Work task →
Which lines of the entries below contain the string "that"? Copy each one.

[[ Stored data, beginning ]]

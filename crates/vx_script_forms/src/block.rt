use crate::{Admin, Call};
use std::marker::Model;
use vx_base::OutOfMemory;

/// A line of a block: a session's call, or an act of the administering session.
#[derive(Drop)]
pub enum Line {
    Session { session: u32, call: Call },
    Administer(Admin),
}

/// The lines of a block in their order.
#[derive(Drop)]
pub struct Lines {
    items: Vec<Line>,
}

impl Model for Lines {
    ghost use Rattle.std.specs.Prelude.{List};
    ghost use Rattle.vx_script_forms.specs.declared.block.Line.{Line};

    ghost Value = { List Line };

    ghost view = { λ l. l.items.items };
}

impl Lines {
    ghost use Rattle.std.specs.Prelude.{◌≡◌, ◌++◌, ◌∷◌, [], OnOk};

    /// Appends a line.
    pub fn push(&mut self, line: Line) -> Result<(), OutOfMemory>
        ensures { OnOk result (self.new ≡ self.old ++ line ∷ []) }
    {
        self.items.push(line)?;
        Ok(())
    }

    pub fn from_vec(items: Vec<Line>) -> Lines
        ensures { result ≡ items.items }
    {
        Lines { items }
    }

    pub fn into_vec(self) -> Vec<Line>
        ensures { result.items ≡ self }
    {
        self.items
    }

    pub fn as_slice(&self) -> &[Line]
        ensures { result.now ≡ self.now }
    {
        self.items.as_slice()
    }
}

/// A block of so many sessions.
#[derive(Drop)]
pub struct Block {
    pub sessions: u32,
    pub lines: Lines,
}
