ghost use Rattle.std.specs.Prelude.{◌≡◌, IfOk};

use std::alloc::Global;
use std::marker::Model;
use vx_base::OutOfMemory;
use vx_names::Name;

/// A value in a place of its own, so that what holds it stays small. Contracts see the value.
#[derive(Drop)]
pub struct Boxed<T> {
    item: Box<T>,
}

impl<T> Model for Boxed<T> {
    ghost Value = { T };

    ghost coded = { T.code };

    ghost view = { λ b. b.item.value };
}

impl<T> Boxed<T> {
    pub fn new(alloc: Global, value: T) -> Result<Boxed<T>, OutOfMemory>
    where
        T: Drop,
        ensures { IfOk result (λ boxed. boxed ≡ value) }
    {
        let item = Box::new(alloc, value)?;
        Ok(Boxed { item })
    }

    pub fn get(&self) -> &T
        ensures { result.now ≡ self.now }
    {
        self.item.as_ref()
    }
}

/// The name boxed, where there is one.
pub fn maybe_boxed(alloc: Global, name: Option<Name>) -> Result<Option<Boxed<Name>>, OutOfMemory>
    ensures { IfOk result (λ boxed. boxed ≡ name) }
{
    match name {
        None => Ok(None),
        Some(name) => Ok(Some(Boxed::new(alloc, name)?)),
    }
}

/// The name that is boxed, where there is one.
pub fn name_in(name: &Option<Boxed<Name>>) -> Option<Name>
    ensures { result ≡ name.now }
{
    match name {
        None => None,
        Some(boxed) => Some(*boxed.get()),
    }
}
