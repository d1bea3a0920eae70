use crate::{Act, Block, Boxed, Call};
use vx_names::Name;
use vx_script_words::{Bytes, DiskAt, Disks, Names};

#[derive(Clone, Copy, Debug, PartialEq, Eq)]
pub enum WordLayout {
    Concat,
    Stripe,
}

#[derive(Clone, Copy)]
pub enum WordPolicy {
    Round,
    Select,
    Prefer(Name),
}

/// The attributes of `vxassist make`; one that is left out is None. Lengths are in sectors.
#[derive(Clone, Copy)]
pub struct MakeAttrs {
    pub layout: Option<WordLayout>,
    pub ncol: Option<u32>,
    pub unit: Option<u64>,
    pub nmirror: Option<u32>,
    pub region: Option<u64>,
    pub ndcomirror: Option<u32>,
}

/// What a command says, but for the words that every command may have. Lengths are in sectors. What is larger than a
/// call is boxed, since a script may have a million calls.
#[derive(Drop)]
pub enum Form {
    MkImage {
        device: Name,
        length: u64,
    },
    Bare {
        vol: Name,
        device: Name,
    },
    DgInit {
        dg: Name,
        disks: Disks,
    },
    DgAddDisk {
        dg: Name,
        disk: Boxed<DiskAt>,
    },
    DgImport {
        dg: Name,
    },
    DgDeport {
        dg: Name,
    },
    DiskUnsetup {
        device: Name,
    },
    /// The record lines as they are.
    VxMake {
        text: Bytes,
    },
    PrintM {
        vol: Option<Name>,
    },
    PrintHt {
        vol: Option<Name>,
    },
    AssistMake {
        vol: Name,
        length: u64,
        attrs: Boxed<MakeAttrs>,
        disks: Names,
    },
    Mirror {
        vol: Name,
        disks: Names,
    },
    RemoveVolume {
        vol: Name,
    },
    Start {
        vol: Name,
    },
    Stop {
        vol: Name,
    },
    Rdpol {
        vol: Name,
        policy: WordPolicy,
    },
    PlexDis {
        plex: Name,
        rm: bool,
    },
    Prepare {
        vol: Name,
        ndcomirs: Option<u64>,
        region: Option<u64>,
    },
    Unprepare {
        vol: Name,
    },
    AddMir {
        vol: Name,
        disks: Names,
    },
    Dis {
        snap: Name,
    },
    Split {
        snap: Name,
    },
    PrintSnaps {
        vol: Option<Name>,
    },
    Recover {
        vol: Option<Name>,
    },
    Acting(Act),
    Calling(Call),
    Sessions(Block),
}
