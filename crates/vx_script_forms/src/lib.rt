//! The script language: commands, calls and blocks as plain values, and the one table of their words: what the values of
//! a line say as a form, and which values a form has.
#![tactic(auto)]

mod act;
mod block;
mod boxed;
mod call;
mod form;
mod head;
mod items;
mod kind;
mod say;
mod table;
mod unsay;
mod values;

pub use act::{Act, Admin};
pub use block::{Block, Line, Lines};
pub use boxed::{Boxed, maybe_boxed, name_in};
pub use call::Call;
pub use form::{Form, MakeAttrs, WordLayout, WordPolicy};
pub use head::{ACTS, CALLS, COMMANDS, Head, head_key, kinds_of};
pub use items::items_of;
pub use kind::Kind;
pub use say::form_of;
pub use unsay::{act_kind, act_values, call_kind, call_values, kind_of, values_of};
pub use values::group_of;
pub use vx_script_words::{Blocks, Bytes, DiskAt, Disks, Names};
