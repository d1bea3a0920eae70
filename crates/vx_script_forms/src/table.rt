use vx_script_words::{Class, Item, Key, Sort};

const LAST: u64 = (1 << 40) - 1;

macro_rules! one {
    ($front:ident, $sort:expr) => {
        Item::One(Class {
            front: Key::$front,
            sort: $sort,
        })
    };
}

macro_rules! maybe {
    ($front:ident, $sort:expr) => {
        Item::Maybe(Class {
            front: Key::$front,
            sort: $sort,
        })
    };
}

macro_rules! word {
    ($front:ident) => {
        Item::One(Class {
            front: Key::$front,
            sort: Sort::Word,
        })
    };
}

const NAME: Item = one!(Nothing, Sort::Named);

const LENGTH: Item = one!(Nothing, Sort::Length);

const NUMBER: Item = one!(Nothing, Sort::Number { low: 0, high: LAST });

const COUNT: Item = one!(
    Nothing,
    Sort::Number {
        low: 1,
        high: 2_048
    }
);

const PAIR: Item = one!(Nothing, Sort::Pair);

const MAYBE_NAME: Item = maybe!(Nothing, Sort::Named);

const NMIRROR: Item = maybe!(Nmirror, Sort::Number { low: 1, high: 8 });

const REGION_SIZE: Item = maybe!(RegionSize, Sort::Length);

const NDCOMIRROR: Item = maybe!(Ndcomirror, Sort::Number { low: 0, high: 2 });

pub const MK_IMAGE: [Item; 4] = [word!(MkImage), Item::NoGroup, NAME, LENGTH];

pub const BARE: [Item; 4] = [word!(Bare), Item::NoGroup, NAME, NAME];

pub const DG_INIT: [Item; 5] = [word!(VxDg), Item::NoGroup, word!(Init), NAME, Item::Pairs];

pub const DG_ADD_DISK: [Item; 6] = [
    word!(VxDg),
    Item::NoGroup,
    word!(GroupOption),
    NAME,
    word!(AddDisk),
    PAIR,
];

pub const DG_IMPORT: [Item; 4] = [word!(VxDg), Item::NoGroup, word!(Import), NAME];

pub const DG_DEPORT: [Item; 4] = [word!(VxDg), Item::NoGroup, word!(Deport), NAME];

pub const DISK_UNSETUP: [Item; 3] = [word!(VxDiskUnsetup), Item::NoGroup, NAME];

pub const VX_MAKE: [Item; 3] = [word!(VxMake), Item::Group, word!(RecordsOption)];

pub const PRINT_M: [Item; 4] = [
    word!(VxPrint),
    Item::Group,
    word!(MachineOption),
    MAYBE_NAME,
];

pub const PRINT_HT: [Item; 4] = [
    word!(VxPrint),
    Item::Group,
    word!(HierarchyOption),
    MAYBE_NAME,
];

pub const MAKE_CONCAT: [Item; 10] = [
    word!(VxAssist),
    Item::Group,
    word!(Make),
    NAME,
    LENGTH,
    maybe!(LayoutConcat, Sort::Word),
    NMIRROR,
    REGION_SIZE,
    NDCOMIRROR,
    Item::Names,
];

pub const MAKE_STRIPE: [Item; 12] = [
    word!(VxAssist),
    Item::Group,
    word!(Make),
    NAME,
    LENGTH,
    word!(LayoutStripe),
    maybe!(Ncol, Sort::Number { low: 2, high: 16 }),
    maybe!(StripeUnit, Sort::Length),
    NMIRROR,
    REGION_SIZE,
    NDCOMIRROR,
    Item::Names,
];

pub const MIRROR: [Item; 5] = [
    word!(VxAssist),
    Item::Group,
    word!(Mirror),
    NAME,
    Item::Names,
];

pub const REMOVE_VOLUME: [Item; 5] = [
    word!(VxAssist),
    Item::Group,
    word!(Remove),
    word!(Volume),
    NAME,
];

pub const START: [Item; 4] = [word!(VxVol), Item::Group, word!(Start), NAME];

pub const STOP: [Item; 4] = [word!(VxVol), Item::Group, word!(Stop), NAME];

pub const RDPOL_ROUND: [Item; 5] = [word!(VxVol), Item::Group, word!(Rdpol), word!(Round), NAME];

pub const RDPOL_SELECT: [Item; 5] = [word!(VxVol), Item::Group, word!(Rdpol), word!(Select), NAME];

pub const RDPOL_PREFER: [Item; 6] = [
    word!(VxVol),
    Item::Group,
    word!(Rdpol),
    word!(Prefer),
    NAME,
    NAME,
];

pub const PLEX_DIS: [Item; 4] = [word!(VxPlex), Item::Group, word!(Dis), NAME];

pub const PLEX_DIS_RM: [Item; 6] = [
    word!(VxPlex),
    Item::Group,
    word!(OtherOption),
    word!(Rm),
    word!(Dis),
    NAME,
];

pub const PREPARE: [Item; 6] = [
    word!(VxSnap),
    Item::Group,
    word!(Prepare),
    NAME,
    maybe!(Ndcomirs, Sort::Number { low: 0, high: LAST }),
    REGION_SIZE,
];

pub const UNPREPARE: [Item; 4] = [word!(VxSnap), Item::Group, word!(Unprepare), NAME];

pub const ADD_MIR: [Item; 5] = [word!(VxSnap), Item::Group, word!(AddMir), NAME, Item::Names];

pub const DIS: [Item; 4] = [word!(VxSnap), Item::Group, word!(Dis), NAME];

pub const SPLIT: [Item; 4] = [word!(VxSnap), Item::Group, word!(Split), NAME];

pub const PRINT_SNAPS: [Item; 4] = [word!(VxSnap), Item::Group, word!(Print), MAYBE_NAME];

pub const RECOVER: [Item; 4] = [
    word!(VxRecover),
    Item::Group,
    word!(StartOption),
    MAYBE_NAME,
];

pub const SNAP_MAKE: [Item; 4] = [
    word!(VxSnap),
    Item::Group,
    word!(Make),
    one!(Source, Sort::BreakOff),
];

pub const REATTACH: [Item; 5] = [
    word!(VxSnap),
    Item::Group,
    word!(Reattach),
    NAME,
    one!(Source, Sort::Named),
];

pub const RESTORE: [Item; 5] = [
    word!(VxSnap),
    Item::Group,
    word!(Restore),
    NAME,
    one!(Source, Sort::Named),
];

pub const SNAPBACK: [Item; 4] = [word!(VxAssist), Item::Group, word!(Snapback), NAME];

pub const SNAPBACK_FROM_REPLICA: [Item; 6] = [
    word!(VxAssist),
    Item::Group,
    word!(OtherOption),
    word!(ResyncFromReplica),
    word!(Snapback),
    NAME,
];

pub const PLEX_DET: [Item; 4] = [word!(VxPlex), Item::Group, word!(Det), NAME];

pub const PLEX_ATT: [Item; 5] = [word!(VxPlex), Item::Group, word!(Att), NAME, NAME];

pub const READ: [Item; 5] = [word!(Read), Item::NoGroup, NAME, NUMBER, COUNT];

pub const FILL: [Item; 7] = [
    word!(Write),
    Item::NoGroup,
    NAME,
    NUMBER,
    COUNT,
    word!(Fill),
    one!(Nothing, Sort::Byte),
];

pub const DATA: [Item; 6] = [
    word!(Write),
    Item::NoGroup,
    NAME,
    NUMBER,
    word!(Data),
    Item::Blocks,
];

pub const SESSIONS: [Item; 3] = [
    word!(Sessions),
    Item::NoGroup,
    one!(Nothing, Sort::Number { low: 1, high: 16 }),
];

[[ Stored data, end ]]
[[ Stored data, beginning ]]

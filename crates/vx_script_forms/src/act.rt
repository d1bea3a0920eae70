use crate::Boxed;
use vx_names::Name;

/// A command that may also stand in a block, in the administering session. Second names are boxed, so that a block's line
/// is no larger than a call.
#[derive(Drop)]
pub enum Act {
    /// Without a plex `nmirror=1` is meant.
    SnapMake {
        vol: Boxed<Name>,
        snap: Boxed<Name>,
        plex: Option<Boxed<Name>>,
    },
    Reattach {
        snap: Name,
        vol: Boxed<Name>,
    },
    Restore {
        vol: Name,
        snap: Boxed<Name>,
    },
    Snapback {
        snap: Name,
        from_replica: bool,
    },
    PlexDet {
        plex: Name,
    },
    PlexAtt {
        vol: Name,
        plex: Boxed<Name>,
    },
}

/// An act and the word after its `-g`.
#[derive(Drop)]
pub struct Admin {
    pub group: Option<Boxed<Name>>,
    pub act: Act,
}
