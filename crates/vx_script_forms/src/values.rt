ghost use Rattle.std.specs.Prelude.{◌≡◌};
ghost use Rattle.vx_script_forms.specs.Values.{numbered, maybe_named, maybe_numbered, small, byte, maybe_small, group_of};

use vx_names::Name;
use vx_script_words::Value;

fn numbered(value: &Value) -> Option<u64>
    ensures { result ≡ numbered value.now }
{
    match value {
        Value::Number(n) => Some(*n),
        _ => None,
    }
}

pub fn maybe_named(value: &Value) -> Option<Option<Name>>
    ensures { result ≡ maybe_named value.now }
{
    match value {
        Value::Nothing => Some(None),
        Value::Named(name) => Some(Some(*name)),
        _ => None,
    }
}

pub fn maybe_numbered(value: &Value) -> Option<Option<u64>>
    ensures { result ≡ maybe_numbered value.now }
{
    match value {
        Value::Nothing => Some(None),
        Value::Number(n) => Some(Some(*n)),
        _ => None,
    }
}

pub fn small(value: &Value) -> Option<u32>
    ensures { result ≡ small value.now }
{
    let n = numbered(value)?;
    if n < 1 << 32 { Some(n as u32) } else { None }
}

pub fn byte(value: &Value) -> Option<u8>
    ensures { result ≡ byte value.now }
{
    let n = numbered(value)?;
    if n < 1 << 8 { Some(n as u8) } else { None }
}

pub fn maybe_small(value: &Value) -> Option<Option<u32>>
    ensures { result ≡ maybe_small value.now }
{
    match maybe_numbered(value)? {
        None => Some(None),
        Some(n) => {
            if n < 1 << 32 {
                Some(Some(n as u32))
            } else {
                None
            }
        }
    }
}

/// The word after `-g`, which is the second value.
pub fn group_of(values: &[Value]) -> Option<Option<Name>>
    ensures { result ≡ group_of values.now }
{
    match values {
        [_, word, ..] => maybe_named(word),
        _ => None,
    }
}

[[ Stored data, end ]]

Expected answer →
/// A value in a place of its own, so that what holds it stays small. Contracts see the value.
/// The name that is boxed, where there is one.
/// The attributes of `vxassist make`; one that is left out is None. Lengths are in sectors.
/// What a command says, but for the words that every command may have. Lengths are in sectors. What is larger than a
/// A command that may also stand in a block, in the administering session. Second names are boxed, so that a block's line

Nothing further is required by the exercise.